MapKit Tutorial: Getting Started

This app doesn’t have tabs, either :wink:

did you change the UIButton initializer in viewForAnnotation? at the end of // 3:

view.rightCalloutAccessoryView = UIButton(type: .DetailDisclosure) as UIView

did the detail button appear when you did just the David Kalakaua statue? before parsing the JSON file

also, did you set ViewController to be mapView.delegate, in viewDidLoad? if I comment out that line, I get the pin info, but no detail button.

Ah thank you Meister, you saved me. By some reason my line was like this:

view.rightCalloutAccessoryView = UIButton(type: UIButtonType.System) as! UIView

I must have changed it thinking about Swift 2. The correct, as you said is:

view.rightCalloutAccessoryView = UIButton(type: .DetailDisclosure) as UIView

The other aspects you mentioned are Ok. By the way, by any chance, do you know an easy way to change these Pins to figures? I’ll need it for my project!
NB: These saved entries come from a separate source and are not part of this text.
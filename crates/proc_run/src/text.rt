//! What is written of a run.

ghost use Rattle.std.specs.Prelude.{◌≡◌, ◌≢◌, IfOk};
ghost use Rattle.flat_state.specs.declared.records.Settled.TheVariants.{Running};
ghost use Rattle.board_opening.specs.cached_machine.specs.Cached.{state_of};
ghost use Rattle.proc_run.specs.Texts.{summary_of, text_of};

use crate::run::Finished;
use cache_ident::NoMemory;
use flat_report::{output_bytes, report};
use flat_rules::Records;
use journal_text::print;
use report_text::summary;
use std::alloc::Global;

/// What is written of a run.
#[derive(Clone, Copy)]
pub enum Account {
    /// Its report.
    Report,
    /// Its journal, and behind it its report.
    Journal,
    /// The summary of the run of the scenario that is made from that seed.
    Summary { seed: u32 },
}

// The four lines on the run of a scenario that was made from a seed.
fn summary_of(alloc: Global, seed: u32, run: &Finished) -> Result<Vec<u8>, NoMemory>
    requires { run.now.settled ≢ Running }
    ensures { IfOk result (λ text. text.items ≡ summary_of seed (state_of run.now.board.machine) run.now.settled run.now.board.steps) }
{
    let machine = run.board.machine();
    let threads = u64::from(machine.thread_count());
    let bytes = output_bytes(machine)?;
    summary(alloc, seed, run.settled, run.board.steps(), threads, bytes)
}

/// The text of an account of a run.
pub fn text(alloc: Global, account: Account, run: &Finished) -> Result<Vec<u8>, NoMemory>
    requires { run.now.settled ≢ Running }
    ensures { IfOk result (λ text. text.items ≡ text_of account run.now.board.journal.entries (state_of run.now.board.machine) run.now.settled run.now.board.steps) }
{
    let machine = run.board.machine();
    let steps = run.board.steps();
    match account {
        Account::Report => report(alloc, machine, run.settled, steps),
        Account::Journal => {
            let mut text = print(alloc, run.board.journal())?;
            let report = report(alloc, machine, run.settled, steps)?;
            text.extend_from_slice(&report)?;
            Ok(text)
        }
        Account::Summary { seed } => summary_of(alloc, seed, run),
    }
}
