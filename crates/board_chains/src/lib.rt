//! What a thread's next step needs loaded, in the order in which it is loaded.
//!
//! A step needs its thread, the rows that its fetch and its data access go through, and all that these depend on. None of the
//! calls takes memory.
#![tactic(auto)]

mod above;
mod chains;
mod loads;
mod names;
mod ranks;

pub use chains::chain_of;
pub use loads::{Keep, loaded_among};
pub use names::Chain;
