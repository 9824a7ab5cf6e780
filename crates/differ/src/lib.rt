// Whether words differ from each other. Each word but the first hangs under an earlier one, in a tree of digits: below word p, the words whose next
// digit is d begin at kids[WAYS * p + d], and 0 says that there are none. So a word is sought among all before it in no more steps than it has digits.
#![tactic(auto)]

ghost use Rattle.std.specs.Prelude.{◌≡◌, true, not, ◌+◌, ◌≤◌, ◌<◌, length};
ghost use Rattle.paper.specs.Sizes.{most_places};
ghost use Rattle.paper.specs.Test.{every, apart};
ghost use Rattle.differ.specs.Tree.{same, Hung};

use paper::sizes::MOST_PLACES;

// Digits are of three bits, the lowest first, and there is a way down from a word for each.
const DIGITS: u32 = 8;

const WAYS: usize = DIGITS as usize;

// Whether word i differs from each before it; if so, it is hung into their tree.
// The tree's links are indices into a lent array, since there is no heap and memory is fixed: so the walk goes by index.
#[tactic(auto, using(crate::proofs::Hanging::ways_down))]
fn is_new(words: &[u32], i: usize, kids: &mut [u16]) -> bool
    requires le_i { (1 ≤ i) × (i < length words.now) × (i < most_places) }
    requires hung { Hung words.now i kids.old }
    ensures value { result ≡ every i (λ j. not (same words.now j i)) }
    ensures hung_2 { result ≡ true → Hung words.now (i + 1) kids.new }
{
    let word = words[i];
    let mut digits = word;
    let mut p = 0;
    while words[p] != word {
        let at = WAYS * p + (digits % DIGITS) as usize;
        let next = usize::from(kids[at]);
        if next == 0 {
            kids[at] = i as u16;
            return true;
        }
        p = next;
        digits /= DIGITS;
    }
    false
}

// Whether no two of the words are the same.
pub fn all_differ(words: &[u32]) -> bool
    requires { length words.now ≤ most_places }
    ensures { result ≡ apart (length words.now) (same words.now) }
{
    let mut kids = [0u16; WAYS * MOST_PLACES];
    for i in 1..words.len() {
        if !is_new(words, i, &mut kids) {
            return false;
        }
    }
    true
}
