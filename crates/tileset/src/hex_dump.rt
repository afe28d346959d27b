// The lines of an archive's bytes in hexadecimal.
ghost use Rattle.std.specs.Prelude.{◌≡◌, ◌≤◌, ◌<◌, ◌+◌, ◌*◌, ◌^◌, ◌++◌, codes, length, nat_eq, take, OnOk};
ghost use Rattle.tileset.specs.Common.{encode_lower, list_all};
ghost use Rattle.tileset.specs.HexDump.{hex_dump, shown_line, hex_line, place_text, trimmed};

use hex_pairs::encode_into;
use std::alloc::AllocError;

/// How many bytes a line has at most.
pub(crate) const LINE: usize = 32;

#[tactic(auto, using(crate::proofs::HexDumpLemmas::trimming))]
// The digits without the zeros in front, of which at most eight go.
fn without_zeros(digits: &[u8]) -> &[u8]
    ensures { result.now ≡ trimmed 8 digits.now }
{
    let mut rest = digits;
    for _i in 0..8u32 {
        let Some((first, tail)) = rest.split_first() else {
            return rest;
        };
        if *first != 48 {
            return rest;
        }
        rest = tail;
    }
    rest
}

// Appends a place in hexadecimal, by its sixteen digits without zeros in front, and a space.
fn push_far_place(text: &mut Vec<u8>, at: u64) -> Result<(), AllocError>
    ensures { OnOk result (text.new.items ≡ text.old.items ++ (place_text at ++ codes " ")) }
{
    let mut digits = [48u8; 16];
    let _ = hex::encode_to_slice(&at.to_be_bytes(), &mut digits);
    text.extend_from_slice(without_zeros(&digits))?;
    text.push(b' ')?;
    Ok(())
}

// The eight digits of a place below 2^32, and a space.
fn near_place(at: u32) -> [u8; 9]
    ensures { result ≡ place_text at ++ codes " " }
{
    let mut digits = [b' '; 9];
    encode_into(&at.to_be_bytes(), &mut digits[..8]);
    digits
}

// Appends a place in hexadecimal, by at least eight digits, and a space.
fn push_place(text: &mut Vec<u8>, at: u64) -> Result<(), AllocError>
    ensures { OnOk result (text.new.items ≡ text.old.items ++ (place_text at ++ codes " ")) }
{
    match u32::try_from(at) {
        Ok(near) => text.extend_from_slice(&near_place(near)),
        Err(_) => push_far_place(text, at),
    }
}

// The digits of some bytes, and line feeds behind them.
fn ended_digits(bytes: &[u8]) -> [u8; 65]
    requires { length bytes.now ≤ 32 }
    ensures { take (2 * length bytes.now + 1) result ≡ encode_lower bytes.now ++ codes "\n" }
{
    let mut line = [b'\n'; 65];
    encode_into(bytes, &mut line[..2 * bytes.len()]);
    line
}

// Appends the line of some bytes at a place.
fn push_line(text: &mut Vec<u8>, at: u64, bytes: &[u8]) -> Result<(), AllocError>
    requires { length bytes.now ≤ 32 }
    ensures { OnOk result (text.new.items ≡ text.old.items ++ hex_line at bytes.now) }
{
    push_place(text, at)?;
    text.extend_from_slice(&ended_digits(bytes)[..2 * bytes.len() + 1])
}

fn is_blank(bytes: &[u8]) -> bool
    ensures { result ≡ list_all (λ b. nat_eq b 0) bytes.now }
{
    bytes.iter().all(|byte| *byte == 0)
}

// Appends that line, unless its bytes are all zero.
fn push_shown(text: &mut Vec<u8>, at: u64, bytes: &[u8]) -> Result<(), AllocError>
    requires { length bytes.now ≤ 32 }
    ensures { OnOk result (text.new.items ≡ text.old.items ++ shown_line at bytes.now) }
{
    if is_blank(bytes) {
        return Ok(());
    }
    push_line(text, at, bytes)
}

/// Appends the lines of these bytes, the first of them at a place.
pub(crate) fn push_hex_dump(text: &mut Vec<u8>, at: u64, bytes: &[u8]) -> Result<(), AllocError>
    requires { at + length bytes.now < 2 ^ 64 }
    ensures { OnOk result (text.new.items ≡ text.old.items ++ hex_dump at bytes.now) }
{
    let mut place = at;
    let mut rest = bytes;
    while !rest.is_empty() {
        let (line, tail) = rest.split_at(rest.len().min(LINE));
        push_shown(text, place, line)?;
        place = place.saturating_add(LINE as u64);
        rest = tail;
    }
    Ok(())
}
https://www.raywenderlich.com/87008/overlay-views-mapkit-swift-tutorial

Man, this website gives me a headache! Reading through this “tutorial” is a nightmare. The author clearly understands programming but lacks the ability to teach. Instead of teaching and explaining what what’s going on there are smart-ass remarks like, and I quote, “OK, so the title, locationName and coordinate properties will be used for the MKAnnotation object, but what’s the discipline property for? You’ll find out later in this tutorial ;]” When I read this sentence and came to that snarky smily face I literally wanted to slap the author of this article. It’s like the author is giving me the big middle finger. How about you f*ing explain what the hell you’re doing?? Guess what’s in my head is the WORST method of teaching. It is very ineffective. Also, there’s the fact that the author starts bringing in other random shit that has nothing to do with the topic at hand in the case of “In this case, your ViewController will be the delegate for the map view. To avoid clutter and improve readability, you’ll create an extension of ViewController in a separate file.” What the fuck?? This isn’t a “ViewController readability” tutorial, or a “ViewController extension” tutorial. Leave that extra garbage that detracts from the focus of the article OUT of the article. Damn.

This article would be a LOT more effective if instead of taking a “here write this program I just wrote” approach it took more of a “here’s a concept, here’s the code to implement that concept, (here are some tips regarding this thing)”. Instead we are blindly following the author because the author’s ego is so big they can’t just explain the damn thing they have to present it in this convoluted, mindfuckery way.

Additionally, this is not the first article on this site that I have gone through that seems to be over complicated. All I’m saying is that I would NEVER pay for any of the content on this site because the way it is presented is asinine.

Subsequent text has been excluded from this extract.